I hate that there are days that it doesn't feel like my daughter was ever really here. I hate that there are only 27 pictures that make her more real. I hate that we don't have any handprints or footprints. I hate that Cadence was born pink, bright-eyed, and healthy enough to go home only 3 hours after being born only to die in my arms 27 hours later. I hate that the hospital wouldn't allow us to hold her after she was pronounced dead because it might mess up the autopsy results. I hate that I was so tired. I hate that I feel responsible for her death because being tired made me not notice sooner. I hate that my husband doesn't think he is a father anymore and won't look at her pictures. I hate that I know what advice to give women so their milk won't come in.

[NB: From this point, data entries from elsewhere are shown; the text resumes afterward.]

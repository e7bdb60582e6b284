// Reads a trace from standard input and writes its transcript to standard output. What each read does is the library's,
// `stream`: here bytes are only read and written.
#![tactic(auto)]

use input::end_within;
use std::io::{Print, Read, Stdin, Stdout};
use stream::{PIECE, ROOM, Reading, TEXT, after_read};

// Reads once, behind the bytes that are held.
fn read_once(
    mut stdin: Stdin,
    room: &mut [u8],
    piece: &mut [u8],
    text: &mut [u8],
    before: Reading,
) -> Reading {
    let held = end_within(piece, before.held);
    let got = stdin.read(&mut piece[held..]).ok();
    after_read(room, piece, text, held, got, before.replay)
}

fn write_text(stdout: Stdout, text: &[u8], size: usize) -> bool {
    let end = end_within(text, size);
    stdout.write_all(&text[..end]).is_ok()
}

// A proved loop has to end, and nothing says that the input does. So the loop has a number of turns that no run uses
// up.
fn replay(rt: HostRuntime, room: &mut [u8], piece: &mut [u8], text: &mut [u8]) {
    let mut reading = Reading::begin();
    for _ in 0..u64::MAX {
        if !reading.more {
            return;
        }
        reading = read_once(rt.stdin(), room, piece, text, reading);
        if !write_text(rt.stdout(), text, reading.size) {
            return;
        }
    }
}

fn main(rt: HostRuntime) {
    let mut room = [0u8; ROOM];
    let mut piece = [0u8; PIECE];
    let mut text = [0u8; TEXT];
    replay(rt, &mut room, &mut piece, &mut text);
}
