// The answer to a datagram on a fit store: the refusal of the first line of the table that applies, if one does.
// Lines 2 to 4 are for every kind, 5 and 7 for those about an end, 6 for those that need it OPEN. They stand here in
// their order.
#![tactic(auto)]

ghost use Rattle.std.specs.Prelude.{◌≡◌, true, false, [], ◌∷◌, ◌≤◌, length};
ghost use Rattle.std.proofs.Math.Option.{some};
ghost use Rattle.refusal.specs.Number.{answer_of};
ghost use Rattle.slots.specs.declared.Channel.{Channel};
ghost use Rattle.slots.specs.Layout.{records_from, store_in};
ghost use Rattle.slots.specs.Fit.{is_fit};
ghost use Rattle.datagram.specs.Kind.{send, receive, write, acknowledge, open_try, kind_of, kind_by, only, size_of};
ghost use Rattle.datagram.specs.Datagram.{kind_in, context_in, datagram_of, datagram_in, is_sound};
ghost use Rattle.rules.specs.Refusals.{first_given, makes_end, refusals, or_none, end_for};
ghost use Rattle.verdicts.specs.Lines.{number_behind};
ghost use Rattle.answer.specs.Known.{Known};

use closing::{close_confirm_row, close_init_row, time_out_on_close_row};
use datagram::Context;
use datagram::kind::Kind;
use datagram::place::version_place;
use datagram::read::{
    channel_in, context_in, counterparty_channel_in, counterparty_port_in, digest_in,
    end_verdict_in, order_in, packet_in, sequence_in, timeout_in, verdict_in,
};
use handshake::no_channel;
use heights::goes_back;
use refusal::Refusal;
use rows::{acknowledge_row, receive_row, send_row, time_out_row, write_row};
use slots::slot::channel_at;
use slots::{Channel, Layout, OwnHeight, OwnTime, PortChannel, VERSION};
use sound::sound_kind;
use steps::{open_acknowledge_row, open_confirm_row, open_init_row, open_try_row};
use tables::scan::find_channel;
use versions::{version_fits, version_from};
use wire::u64_at;

// Lines 2 and 3, behind a fit store (1): room for every record that is emitted, a sound datagram.
pub fn answer(store: &[u8], room: usize, datagram: &[u8]) -> Result<(), Refusal>
    requires { is_fit store.now ≡ true }
    ensures { answer_of result ≡
        first_given (datagram_in datagram.now).kind
        (refusals store.now room datagram.now) }
{
    if room < Layout::OUTPUT {
        return Err(Refusal::OutputShort);
    }
    let Some(kind) = sound_kind(datagram) else {
        return Err(Refusal::Malformed);
    };
    answer_sound(store, datagram, kind)
}

// An open init and an open try make an end, and are about none.
fn makes_end(kind: Kind) -> bool
    ensures { result ≡ makes_end (some (kind_by kind)) }
{
    matches!(kind, Kind::OpenInit | Kind::OpenTry)
}

// The kinds that need an OPEN end.
fn needs_open(kind: Kind) -> bool
    ensures { result ≡ only (send ∷ receive ∷ write ∷ acknowledge ∷ []) (some (kind_by kind)) }
{
    matches!(
        kind,
        Kind::Send | Kind::Receive | Kind::Write | Kind::Acknowledge
    )
}

// Line 4: the clock.
fn answer_sound(store: &[u8], datagram: &[u8], kind: Kind) -> Result<(), Refusal>
    requires { (is_fit store.now ≡ true) × (is_sound datagram.now ≡ true) ×
        (kind_of (kind_in datagram.now) ≡ some (kind_by kind)) }
    ensures { answer_of result ≡
        number_behind 3 (datagram_in datagram.now).kind (store_in store.now)
        (datagram_in datagram.now)
        (or_none (end_for (store_in store.now) (datagram_in datagram.now))) }
{
    let x = context_in(datagram);
    if goes_back(OwnHeight(u64_at(store, 8)), OwnTime(u64_at(store, 16)), x) {
        return Err(Refusal::GoesBack);
    }
    let count = (store.len() - Layout::RECORDS_FROM) / Layout::SLOT;
    if makes_end(kind) {
        return answer_by_kind(store, count, datagram, kind, x, no_channel());
    }
    answer_on(store, count, datagram, kind, x)
}

// Lines 5 to 7: the channel end that the datagram is about, in state OPEN for those that need it, and its port.
fn answer_on(
    store: &[u8],
    count: usize,
    datagram: &[u8],
    kind: Kind,
    x: Context,
) -> Result<(), Refusal>
    requires { Known store.now count datagram.now kind x × (makes_end (some (kind_by kind)) ≡ false) }
    ensures { answer_of result ≡
        number_behind 4 (some (kind_by kind)) (store_in store.now) (datagram_of (some (kind_by kind)) datagram.now)
        (or_none (end_for (store_in store.now) (datagram_of (some (kind_by kind)) datagram.now))) }
{
    let Some(j) = find_channel(store, channel_in(datagram, kind)) else {
        return Err(Refusal::NoChannel);
    };
    let c = channel_at(store, Layout::HEADER + Layout::SLOT * j);
    if needs_open(kind) & (c.state != Channel::OPEN) {
        return Err(Refusal::NotOpen);
    }
    if x.port != c.own.port {
        return Err(Refusal::NotOwner);
    }
    answer_by_kind(store, count, datagram, kind, x, c)
}

// Lines 8 to 27: those of the datagram's own kind.
fn answer_by_kind(
    store: &[u8],
    count: usize,
    d: &[u8],
    kind: Kind,
    x: Context,
    c: Channel,
) -> Result<(), Refusal>
    requires { Known store.now count d.now kind x }
    ensures { answer_of result ≡
        number_behind 7 (some (kind_by kind)) (store_in store.now) (datagram_of (some (kind_by kind)) d.now) c }
{
    match kind {
        Kind::Send => send_row(store, count, x, timeout_in(d), c),
        Kind::Receive => receive_row(store, count, x, packet_in(d), verdict_in(d, kind), c),
        Kind::Write => write_row(store, count, sequence_in(d), digest_in(d, kind), c),
        Kind::Acknowledge => {
            let p = packet_in(d);
            acknowledge_row(
                store,
                count,
                x,
                p,
                digest_in(d, kind),
                verdict_in(d, kind),
                c,
            )
        }
        Kind::TimeOut => time_out_row(store, count, packet_in(d), verdict_in(d, kind), c),
        Kind::OpenInit => open_init_row(store, version_fits(d, version_place(kind))),
        Kind::OpenTry => answer_try(store, d, x),
        Kind::OpenAcknowledge => {
            let channel = counterparty_channel_in(d, kind);
            open_acknowledge_row(x, channel, end_verdict_in(d, kind), c)
        }
        Kind::OpenConfirm => open_confirm_row(x, end_verdict_in(d, kind), c),
        Kind::CloseInit => close_init_row(x, c),
        Kind::CloseConfirm => close_confirm_row(x, end_verdict_in(d, kind), c),
        Kind::TimeOutOnClose => {
            let p = packet_in(d);
            time_out_on_close_row(
                store,
                count,
                p,
                end_verdict_in(d, kind),
                verdict_in(d, kind),
                c,
            )
        }
    }
}

// The row of an open try, on the parts that are read for it: its version where that fits.
fn answer_try(store: &[u8], datagram: &[u8], x: Context) -> Result<(), Refusal>
    requires { (records_from ≤ length store.now) × (size_of (some open_try) ≤ length datagram.now) ×
        (context_in datagram.now ≡ x) }
    ensures { (c : Channel) →
        answer_of result ≡
        number_behind 7 (some open_try) (store_in store.now)
        (datagram_of (some open_try) datagram.now) c }
{
    let order = order_in(datagram, Kind::OpenTry);
    let counterparty = PortChannel {
        port: counterparty_port_in(datagram),
        channel: counterparty_channel_in(datagram, Kind::OpenTry),
    };
    let v = end_verdict_in(datagram, Kind::OpenTry);
    let at = version_place(Kind::OpenTry);
    if !version_fits(datagram, at) {
        return open_try_row(store, x, order, counterparty, v, false, [0u8; VERSION]);
    }
    open_try_row(
        store,
        x,
        order,
        counterparty,
        v,
        true,
        version_from(datagram, at),
    )
}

I hate that I am back to my pre-pregnancy weight but the only clothes that fit correctly are some of my maternity clothes. I hate being unemployed because I don't have a reason to be a stay-at-home-mom anymore. I hate that the support group we went to in May didn't help. I hate knowing that I need private counseling but previous bad experiences are keeping me from going. I hate that I don't have anything to remember my twins except the memory of wanting them. I hate that I didn't allow myself to grieve properly the first time around. I hate that my rainbow baby died.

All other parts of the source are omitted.